“I don’t like the crusts.”

I come from a conventional family; meet the wealthy love of your life by 23, provide your parents with grandchildren by 25, stay at home to create a haven for said husband and children, and when you can’t take the screaming brats any longer, get a part-time desk job at a soulless corporate firm.

To give you an idea of where my life sits on this scale, at 24 I’m convinced love was a concept invented in the 18th-century, and my card was recently rejected when buying a KitKat.

“You need to find a nice man to settle down with.” Survival instincts and my Grandma dictate that in order to thrive in the over-priced depths of East London, one must first find an older man securely fastened to the property ladder, with a less secure hairline and a charitable recklessness with his contactless debit card.

Settling down. Like an overworked and exhausted cow collapsing in a muddied field, burdened by a life of monotony. Moo thank you, Grandma.

So in the most unrebellious of rebellions, last summer I dated a 21 year old.


Three whole years my junior, he wasn’t on the property ladder – in fact, this was his first stint away from home. He chose to wear limited-edition collaborations over straight-leg Levis, and his aspirations were more survive the weekend ahead, than start a family.

Before our first date, I was apprehensive that the socially vilified age-gap between us may be too palpable. Was he yet to discover avocado on sourdough toast? Did he even know what an avocado was?

You know when someone’s younger than you, and you dismiss them as “like, 12 years old.” Well, it turns out we were wrong. He was razor sharp (not literally), and wittier than half the men I’ve dated (literally). He was interested in music, but it went further than EDM. He made no advances on a gin and tonic intoxicated me, and yes, he knew what an avocado was.

When I was finally able to digest the fact he went to college with my younger cousin, we started dating.

Destroying any remnants of culture Hackney had retained, we spent weekends as any other gentrified millennials would; we ate vegan dinners, we cheersed in pubs decorated with taxidermy and we drank overpriced coffees in independent cafés. My knight in a Reebok tracksuit, he didn’t even call me pathetic when I turned up at his house in an Uber at 11pm on a Sunday night because of the ginormous spider squatting in my bedroom (seriously though, pay some rent).

Then, disaster.

The Cheryl to his Liam, of course this sugar-mamma dynamic was destined for failure. It all happened on that fateful night at my flat in early October.

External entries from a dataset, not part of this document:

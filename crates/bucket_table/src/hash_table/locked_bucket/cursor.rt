//! Cursors over a table, and sweeps by them.
ghost use Rattle.std.specs.Prelude.{◌≡◌, ◌≢◌, ◌<◌, ◌+◌, [], ℕ, Bool, Ok, Err, length, IfOk};
ghost use Rattle.std.specs.Prelude.{IsErrAnd, IsOk, OnErr, if◌then◌else◌, is_ok};
ghost use Rattle.std.specs.Borrow.{RestsIfErr, sem};
ghost use Rattle.std.specs.Result.{result_map_both};
ghost use Rattle.bucket_slots.specs.BucketView.{null_place, pairs_in};
ghost use Rattle.bucket_slots.specs.Marking.{HasNoNewMark, MarksBy};
ghost use Rattle.bucket_slots.specs.Walking.{pairs_ahead};
ghost use Rattle.bucket_table.specs.Views.ArraysView.{tombstones_of, pairs_of};
ghost use Rattle.bucket_table.specs.Resize.Asking.{AsksShrinking};
ghost use Rattle.bucket_table.specs.Walking.Cursors.{Advances, ShrinksThenPasses, HasNoneFrom};
ghost use Rattle.bucket_table.specs.Walking.Cursors.{Leaves, SetsOut, bound_of};
ghost use Rattle.bucket_table.specs.Views.Locking.{IsLocked};
ghost use Rattle.bucket_table.specs.Map.MapState.{KeepsPairs, state_of};
ghost use Rattle.bucket_table.specs.Walking.Retains.{AnswersBy, IsSwept, IsSweptBelow};
ghost use Rattle.bucket_table.specs.Views.Settings.{KeepsSettings};
ghost use Rattle.bucket_table.specs.Views.Sides.{bucket_on, buckets_on};
ghost use Rattle.bucket_table.specs.Walking.Sweeps.{RetainsAt, Sweeps};
ghost use Rattle.bucket_table.specs.Views.TableRow.{table_row};
ghost use Rattle.bucket_table.specs.declared.arrays.side.Side.TheVariants.{Current};

use crate::arrays::Side;
use crate::hash_table::{HashTable, LockedBucket, Missing};
use crate::key_hash::KeyHash;
use bucket_slots::bucket::{EntryPtr, Generation};
use bucket_slots::lru::LruList;
use std::alloc::AllocError;

impl<K: Eq + Drop, V: Drop, H: KeyHash<K>, L: LruList + Drop, const TYPE: u8> HashTable<
    K,
    V,
    H,
    L,
    TYPE,
> {
    /// Removes each pair for which `keep` returns false; in an index it becomes a tombstone.
    /// Returns how many were removed, saturating.
    ///
    /// # Errors
    ///
    /// Allocation failed: the pairs with hashes below some bound are swept, and the others are
    /// unchanged.
    ///
    /// O(pairs, and buckets of the arrays that it passes).
    pub fn sweep<F: Fn(&K, &V) -> bool, G: Generation>(
        &mut self,
        keep: &F,
        generation: &G,
    ) -> Result<usize, AllocError>
        requires callable { F.IsAlwaysCallable keep.now }
        ensures settings { KeepsSettings self.old self.new }
        ensures swept { IfOk result (λ count. (test : K × V → Bool)
            → AnswersBy (λ key value answer. F.post keep.now key value answer) test
            → IsSwept test (pairs_of self.old.arrays) (pairs_of self.new.arrays) count) }
        ensures arrays { Sweeps (AnswersBy (λ key value answer. F.post keep.now key value answer))
            TYPE (G.epoch_of generation.now) self.old.arrays
            (record {
              place = Err (if is_ok result then Missing.Nothing else Missing.Memory);
              arrays = self.new.arrays;
            }) }
        ensures marks { MarksBy (G.epoch_of generation.now) (tombstones_of self.old.arrays)
            (tombstones_of self.new.arrays) }
        ensures unchanged { length self.old.arrays.linked ≡ 0 → result ≡ Ok 0
            → self.new ≡ self.old }
        ensures refused { OnErr result ((bound : ℕ) × ((test : K × V → Bool)
            → AnswersBy (λ key value answer. F.post keep.now key value answer) test
            → IsSweptBelow (H.hash_of self.old.hasher) bound test (pairs_of self.old.arrays)
            (pairs_of self.new.arrays))) }
    {
        let mut count: usize = 0;
        let mut at = EntryPtr::null();
        let mut place = self.first(&mut at);
        while let Ok(index) = place {
            self.fact_sound();
            let taken = self.retain_bucket(index, keep, generation);
            count = count.saturating_add(taken);
            place = self.first_past_bucket(index, &mut at);
        }
        match place {
            Err(Missing::Memory) => Err(AllocError),
            _ => Ok(count),
        }
    }

    /// Moves a pointer to the first live pair, and returns that pair's current bucket.
    fn first(&mut self, at: &mut EntryPtr<K, V, TYPE>) -> Result<usize, Missing>
        ensures sets_out { SetsOut TYPE H.hash_of self.old result at.new self.new }
        ensures none { result ≡ Err Missing.Nothing → pairs_of self.old.arrays ≡ [] }
    {
        self.arrays.first_from(&self.hasher, 0, at)
    }

    /// Moves a pointer to the first live pair past a current bucket, and returns that pair's
    /// current bucket.
    fn first_past_bucket(
        &mut self,
        index: usize,
        at: &mut EntryPtr<K, V, TYPE>,
    ) -> Result<usize, Missing>
        requires within { index < length self.old.arrays.current }
        ensures map { KeepsPairs (state_of TYPE self.old) (state_of TYPE self.new) }
        ensures leaves { Leaves (H.hash_of self.old.hasher)
            (bound_of (length self.old.arrays.current) (index + 1)) result
            self.new.arrays at.new }
        ensures departs { ShrinksThenPasses (λ to. to) Current index self.old.arrays result
            self.new.arrays }
        ensures marks { HasNoNewMark (tombstones_of self.old.arrays)
            (tombstones_of self.new.arrays) }
    {
        self.arrays
            .first_past_bucket(&self.hasher, Side::Current, index, at)
    }

    /// Removes each pair of a current bucket for which `keep` returns false. Returns how many were
    /// removed.
    fn retain_bucket<F: Fn(&K, &V) -> bool, G: Generation>(
        &mut self,
        index: usize,
        keep: &F,
        generation: &G,
    ) -> usize
        requires locked { IsLocked self.old.arrays Current index }
        requires callable { F.IsAlwaysCallable keep.now }
        ensures hasher { self.new.hasher ≡ self.old.hasher }
        ensures retained { RetainsAt
            (AnswersBy (λ key value answer. F.post keep.now key value answer)) TYPE
            (G.epoch_of generation.now) self.old.arrays index result self.new.arrays }
    {
        let before = self.arrays.len_at(index);
        let gone = self.arrays.retain_bucket(index, keep, generation);
        let after = self.arrays.len_at(index);
        self.count = self.arrays.count_after(&self.count, before, after);
        gone
    }

    /// Moves a pointer to the first live pair, and locks that pair's bucket.
    ///
    /// Works a unit before each bucket that it passes.
    ///
    /// # Errors
    ///
    /// The map is empty, or allocation failed while there is an old array: the pointer is null.
    ///
    /// O(buckets passed, and pairs that move).
    pub fn first_sync(
        &mut self,
        at: &mut EntryPtr<K, V, TYPE>,
    ) -> Result<LockedBucket<'_, K, V, H, L, TYPE>, Missing>
        ensures* rests { sem 𝓛 (RestsIfErr
            (table_row K.row V.row H.row L.row TYPE.row K.PartialEq H.KeyHash
            (record { KEEPS = L.KEEPS; listed = L.listed; IsTail = L.IsTail }) L.Default)
            self.entry (λ locked. locked.table.ghost_name) result
            (SetsOut TYPE H.hash_of self.old
            (result_map_both (λ locked. locked.index) (λ missing. missing) result) at.new)) }
        ensures same_table { IfOk result (λ locked. locked.table.ghost_name
            ≡ self.entry.ghost_name) }
        ensures sets_out { IfOk result (λ locked. SetsOut TYPE H.hash_of self.old
            (result_map_both (λ locked. locked.index) (λ missing. missing) result) at.new
            locked.table.now) }
        ensures side { IfOk result (λ locked. locked.side ≡ Current) }
        ensures none { result ≡ Err Missing.Nothing → pairs_of self.old.arrays ≡ [] }
        ensures null { OnErr result (at.new ≡ null_place) }
        ensures succeeds { length self.old.arrays.linked ≡ 0
            → IsErrAnd result (λ missing. missing ≡ Missing.Memory) → ⊥ }
    {
        match self.first(at) {
            Ok(index) => Ok(self.lock(Side::Current, index)),
            Err(missing) => Err(missing),
        }
    }
}

impl<'a, K: Eq + Drop, V: Drop, H: KeyHash<K>, L: LruList + Drop, const TYPE: u8> LockedBucket<
    'a,
    K,
    V,
    H,
    L,
    TYPE,
> {
    /// Moves a pointer from its place in the bucket to the next live pair, and locks that pair's
    /// bucket.
    ///
    /// If it leaves a bucket without a live pair, the table may be resized. Before each bucket that
    /// it then passes, it works a unit. A pair may be visited twice.
    ///
    /// # Errors
    ///
    /// No live pair has a hash past the bucket's, or allocation failed while there is an old array:
    /// the pointer is null, and no bucket is locked.
    ///
    /// O(buckets passed, and pairs that move). scc: `LockedBucket::next_sync`.
    pub fn next_sync(self, at: &mut EntryPtr<K, V, TYPE>) -> Result<Self, Missing>
        ensures* rests { sem 𝓛 (RestsIfErr
            (table_row K.row V.row H.row L.row TYPE.row K.PartialEq H.KeyHash
            (record { KEEPS = L.KEEPS; listed = L.listed; IsTail = L.IsTail }) L.Default)
            self.entry.table (λ locked. locked.table.ghost_name) result
            (Advances TYPE H.hash_of self.entry.table.now self.entry.side self.entry.index at.old
            (result_map_both (λ locked. (locked.side, locked.index)) (λ missing. missing) result)
            at.new)) }
        ensures same_table { IfOk result (λ locked. locked.table.ghost_name
            ≡ self.entry.table.ghost_name) }
        ensures advances { IfOk result (λ locked. Advances TYPE H.hash_of self.entry.table.now
            self.entry.side self.entry.index at.old
            (result_map_both (λ locked. (locked.side, locked.index)) (λ missing. missing) result)
            at.new locked.table.now) }
        ensures held { pairs_ahead (bucket_on self.entry.table.now.arrays self.entry.side
            self.entry.index) at.old ≢ [] → IsOk result }
        ensures none { result ≡ Err Missing.Nothing
            → HasNoneFrom (H.hash_of self.entry.table.now.hasher)
            (bound_of (length (buckets_on self.entry.table.now.arrays self.entry.side))
            (self.entry.index + 1)) (pairs_of self.entry.table.now.arrays) }
        ensures null { OnErr result (at.new ≡ null_place) }
        ensures succeeds { length self.entry.table.now.arrays.linked ≡ 0
            → (pairs_in (bucket_on self.entry.table.now.arrays self.entry.side self.entry.index)
            ≡ [] → AsksShrinking self.entry.table.now.arrays self.entry.index → ⊥)
            → IsErrAnd result (λ missing. missing ≡ Missing.Memory) → ⊥ }
    {
        let LockedBucket { table, side, index } = self;
        match table.arrays.advance(&table.hasher, side, index, at) {
            Ok((side, index)) => Ok(LockedBucket { table, side, index }),
            Err(missing) => Err(missing),
        }
    }
}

To lazy too cook, too impatient to order in and with no vegan restaurants in sight, dinner took the form of pumpkin seed toast à la Bonne Maman strawberry jam. Delicious, non? On demolishing my conservative slice and a half, I noticed his was partially remaining. Did he not like my Bonne Maman strawberry jam? With a quiver of concern and a frown upon my face, I asked if everything was okay, to which he replied, “I don’t like the crusts.”


So this is the story of how I misread a Tinder bio and started dating a pre-teen. Turns out he really was “like, 12 years old”.

Somebody arrest me already.

Twitter: @PippaBugg
Instagram: @PippaBugg

Images via Giphy.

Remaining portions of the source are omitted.